Microsoft Exchange 5.0 hat ein Sicherheitsproblem, das es an

Microsoft Exchange 5.0 hat ein Sicherheitsproblem, das es anfällig gegen moderne Viren und Würmer macht: Es besitzt keine direkte Schnittstelle zu Virenscannern. Infizierte Mail wird daher nicht bei ihrer Ankunft überprüft, sondern erst, nachdem sie bereits ins Postfach des Empfängers ausgeliefert wurde.

Daher kann es dazu kommen, dass Benutzer infizierte Dokumente zugestellt bekommen und Öffnen, die der installierte Virenscanner eigentlich erkennen und von ihnen fernhalten würde. Weil Exchange die gefährlichen Dateien aber nicht schnell genug an den Scanner weiterleitet, ist er praktisch wirkungslos.

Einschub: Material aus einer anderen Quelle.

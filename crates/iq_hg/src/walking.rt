//! Walking from leaf to leaf.
ghost use Rattle.std.specs.Prelude.{◌≡◌, ◌<◌, length, IfOk, IfErr};
ghost use Rattle.iq_pages.specs.PageCalls.{view};
ghost use Rattle.iq_pieces.specs.Counts.{OnlyReads};
ghost use Rattle.iq_hg.specs.Stands.{GivesRows, HasHgCause};
ghost use Rattle.iq_hg.specs.Walks.{Starts, ReadsFew, is_chosen};

use crate::hg::Hg;
use crate::marking::mark;
use crate::wanted::Wanted;
use iq_base::width;
use iq_bitmap::Bitmap;
use iq_pages::{PageFault, PageSource};
use std::alloc::Global;

impl Hg {
    /// The rows of the wanted values, from the leaf on a page on, up to the first value behind all that is wanted. It reads each leaf
    /// that it comes to once.
    pub(crate) fn walk<S: PageSource>(
        &self,
        alloc: Global,
        source: &mut S,
        start: u32,
        wanted: &Wanted<'_>,
    ) -> Result<Bitmap, PageFault>
        requires some { 0 < S.counts source.old self.now.leaves }
        requires start { Starts self.now (S.told source.old) wanted.now start }
        ensures long { IfOk result (λ bits. length bits ≡ self.now.slots) }
        ensures rows { IfOk result (GivesRows self.now (S.told source.old) (is_chosen wanted.now)) }
        ensures reads { OnlyReads (S.counts source.old self.now.leaves) (view S.PageSource source.old) (view S.PageSource source.new) }
        ensures few { ReadsFew self.now (S.told source.old) wanted.now 2 (view S.PageSource source.old) (view S.PageSource source.new) }
        ensures cause { IfErr result (HasHgCause self.now (view S.PageSource source.old) (view S.PageSource source.new)) }
    {
        let _width = width(self.kind);
        let mut bits = Bitmap::empty(alloc, self.slots)?;
        let count = source.pages(self.leaves);
        let mut page = start;
        for k in 0..count {
            let leaf = self.leaf(alloc, source, page)?;
            let n = match mark(&leaf.entries, wanted, &mut bits) {
                Some(n) => n,
                None => {
                    return Err(PageFault::BadPage {
                        object: self.leaves,
                        page,
                    });
                }
            };
            if n < leaf.entries.len() || leaf.next == 0 {
                return Ok(bits);
            }
            page = leaf.next - 1;
        }
        Err(PageFault::BadPage {
            object: self.leaves,
            page,
        })
    }
}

Dieser Effekt tritt vor allem auf, wenn viel Mail zu bewältigen ist. Indem sie sich sofort an Dutzende anderer Mail-Empfänger versenden, bewirken die immer zahlreicheren Viren und Würmer, die sich nach dem Vorbild von Melissa (http://www.pcwelt.de/viren/showvirus.asp?id=122) verbreiten, dass das Mailaufkommen durch die Infektion wie bei einer Epidemie sprunghaft ansteigt. Dies führt dazu, dass die Virenscanner von Exchange gerade dann ausgebremst werden, wenn sie am nötigsten gebraucht würden.

Die von Microsoft in Exchange 5.5 (Service Pack 3) bereitgestellte Verbesserung behebt das Problem nicht wirklich. Denn der Scanner kann nur auf das Mail-Attachment zugreifen und die Weiterleitung blockieren. Auf die Mail selbst und deren Inhalt hat er keinen Zugriff.

Erst die Version 2000 wird das Leck komplett stopfen. Bis dahin hilft es, dem Mail-Server ausreichend Ressourcen zur Verfügung zu stellen. (PC-WELT, 07.01.2000, am)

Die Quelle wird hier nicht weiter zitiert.